I leave Christina's side the second I see Jack Kang across the room. I catch a glimpse of her face as I'm walking away. She looks stricken, depressed. Her eyes are on Tris. I let myself feel a twinge of sympathy for her. Just a twinge.
When Jack is a few feet away from me he extends his hand and we shake.
"Thank you for your honesty, Tobias. We can see, through your truth, that you do not intend to harm us or our cause." He tells me, stating the obvious.
"Yup. So are Tris and I going to get our weapons back now that we've been proven innocent?"
"Yes actually. I had been planning to give them back to you now that everything has been sorted out and you're clearly not a threat." The men behind him steps up and hands me my gun and Tris's knife.

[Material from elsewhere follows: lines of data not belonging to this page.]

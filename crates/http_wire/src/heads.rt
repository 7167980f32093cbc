//! The head at the front of what is read.
ghost use Rattle.std.specs.Prelude.{◌≡◌, ◌≤◌, ◌+◌, ◌++◌, ◌∷◌, [], false, ℕ, List, IfOk, IfSome, MatchOption, length};
ghost use Rattle.http_wire.specs.Filling.{HasReadCause};
ghost use Rattle.http_wire.specs.MessageHeads.{begins_pair, ends_empty};
ghost use Rattle.http_wire.specs.HeadSearch.{HasNoEnd, IsHeadEnd, IsSearch, IsGiven, Shows, PassesPart};
ghost use Rattle.http_wire.specs.HeadSearch.{IsHeadAnswer, IsSomeAnswer};
ghost use Rattle.http_wire.specs.Messages.{end_fault};

use crate::buffer::Buffer;
use crate::fault::WireFault;
use lake_base::Source;
use memchr::memchr;

// How many bytes a head has at most, with the pairs before it.
const HEAD_LIMIT: usize = 16_384;

// Whether the line is empty that a line feed behind these bytes ends.
fn is_empty_line(front: &[u8]) -> bool
    ensures { result ≡ ends_empty (front.now ++ 10 ∷ []) }
{
    match front {
        [] | [.., b'\n'] | [b'\r'] | [.., b'\n', b'\r'] => true,
        _ => false,
    }
}

// Where the first empty line ends. None ends in the first `from` bytes.
fn head_end(bytes: &[u8], from: usize) -> Option<usize>
    requires within { from ≤ length bytes.now }
    requires none { HasNoEnd bytes.now from }
    ensures { MatchOption result (HasNoEnd bytes.now (length bytes.now)) (IsHeadEnd bytes.now) }
{
    let mut start = from;
    'lines: while let Some(found) = memchr(b'\n', &bytes[start..]) {
        let at = start + found;
        if is_empty_line(&bytes[..at]) {
            return Some(at + 1);
        }
        start = at + 1;
    }
    None
}

// What stands at the front of the bytes that are held.
#[derive(Clone, Copy, Debug)]
enum Look {
    // A head of so many bytes.
    Head(usize),
    // A part of a head, or nothing.
    Part,
    // 16,384 bytes, and no head ends in them.
    TooLong,
}

// How far the search for a head's end has come: so many bytes of pairs were taken out before it, and in so many bytes
// of those that are held no head ends.
#[derive(Debug, Drop)]
struct Search {
    skipped: usize,
    passed: usize,
}

// Takes out the pairs at the front, within the limit.
fn skip_pairs(buffer: &mut Buffer, search: &mut Search)
    requires { IsSearch search.old buffer.old }
    ensures search { IsSearch search.new buffer.new }
    ensures total { search.new.skipped + length buffer.new ≡ search.old.skipped + length buffer.old }
    ensures given { (given : List ℕ) → IsGiven given search.old buffer.old → IsGiven given search.new buffer.new }
    ensures none { search.new.skipped + 2 ≤ 16384 → begins_pair buffer.new ≡ false }
{
    while search.skipped + 2 <= HEAD_LIMIT && begins_pair(buffer.held()) {
        buffer.skip(2);
        search.skipped += 2;
        search.passed = 0;
    }
}

// Whether a pair stands at the front.
fn begins_pair(bytes: &[u8]) -> bool
    ensures { result ≡ begins_pair bytes.now }
{
    matches!(bytes, [b'\r', b'\n', ..])
}

// Takes pairs out, and goes on with the search.
fn search_on(buffer: &mut Buffer, search: &mut Search) -> Look
    requires { IsSearch search.old buffer.old }
    ensures shows { (given : List ℕ) → IsGiven given search.old buffer.old
        → Shows given search.new buffer.new result }
    ensures passes { PassesPart (search.old.skipped + length buffer.old) search.new buffer.new result }
{
    skip_pairs(buffer, search);
    let held = buffer.held();
    let (front, _) = held.split_at(held.len().min(HEAD_LIMIT - search.skipped));
    match head_end(front, search.passed) {
        Some(end) => Look::Head(end),
        None if front.len() == HEAD_LIMIT - search.skipped => Look::TooLong,
        None => {
            search.passed = front.len();
            Look::Part
        }
    }
}

/// Reads once where nothing is held.
pub(crate) fn read_some<S: Source>(source: &mut S, buffer: &mut Buffer) -> Result<(), WireFault>
    ensures read { IfSome (S.left source.old)
        (λ left. IsSomeAnswer buffer.old left buffer.new (S.left source.new) result) }
    ensures cause { HasReadCause (S.faults source.old) (S.faults source.new) result }
{
    if !buffer.held().is_empty() {
        return Ok(());
    }
    match buffer.fill(source) {
        Ok(0) => Err(WireFault::Ended),
        Ok(_) => Ok(()),
        Err(fault) => Err(fault),
    }
}

/// Reads until a head stands whole at the front of the bytes that are held, without the pairs before it, and answers
/// how many bytes it has.
pub(crate) fn read_head<S: Source>(source: &mut S, buffer: &mut Buffer) -> Result<usize, WireFault>
    ensures read { IfSome (S.left source.old)
        (λ left. IsHeadAnswer buffer.old left buffer.new (S.left source.new) result) }
    ensures within { IfOk result (λ n. n ≤ length buffer.new) }
    ensures cause { HasReadCause (S.faults source.old) (S.faults source.new) result }
{
    let mut search = Search {
        skipped: 0,
        passed: 0,
    };
    'reading: loop {
        match search_on(buffer, &mut search) {
            Look::Head(end) => return Ok(end),
            Look::TooLong => return Err(WireFault::HeadTooLong),
            Look::Part => {}
        }
        match buffer.fill(source) {
            Ok(0) => return Err(end_fault(buffer)),
            Ok(_) => {}
            Err(fault) => return Err(fault),
        }
    }
}

// Where the source ended: before a first byte of the message, or behind those that are held.
fn end_fault(buffer: &Buffer) -> WireFault
    ensures { result ≡ end_fault buffer.now }
{
    match buffer.held().len() {
        0 => WireFault::Ended,
        held => WireFault::Truncated(held as u64),
    }
}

I take them, nod my thanks, and continue walking in Tris's direction. Uriah is next to her, his hand on her shoulder. He's whispering something to her but I can't make out what it is.
And I can't erase what she's done from my mind.
I thought she trusted me, but I couldn't have been more mistaken. She withheld this from me despite the fact that I've been trying to pinpoint what was wrong with her this whole time.
I literally cannot believe this.
It seems so unreal how much Tris and I have grown apart.
She looks up at me as I come closer and I slip my arm around her shoulders, careful not to touch her injured one too forcefully.
"We'll talk tomorrow." I say calmly.
"Okay." She says, snaking her arm around my waist and pulling me closer.
We might be together physically, but mentally we might as well not one each other.
I leave the room with Tris by my side and go straight to the elevator. Without caring which floor it takes us to, I get in. I hardly even notice my claustrophobia.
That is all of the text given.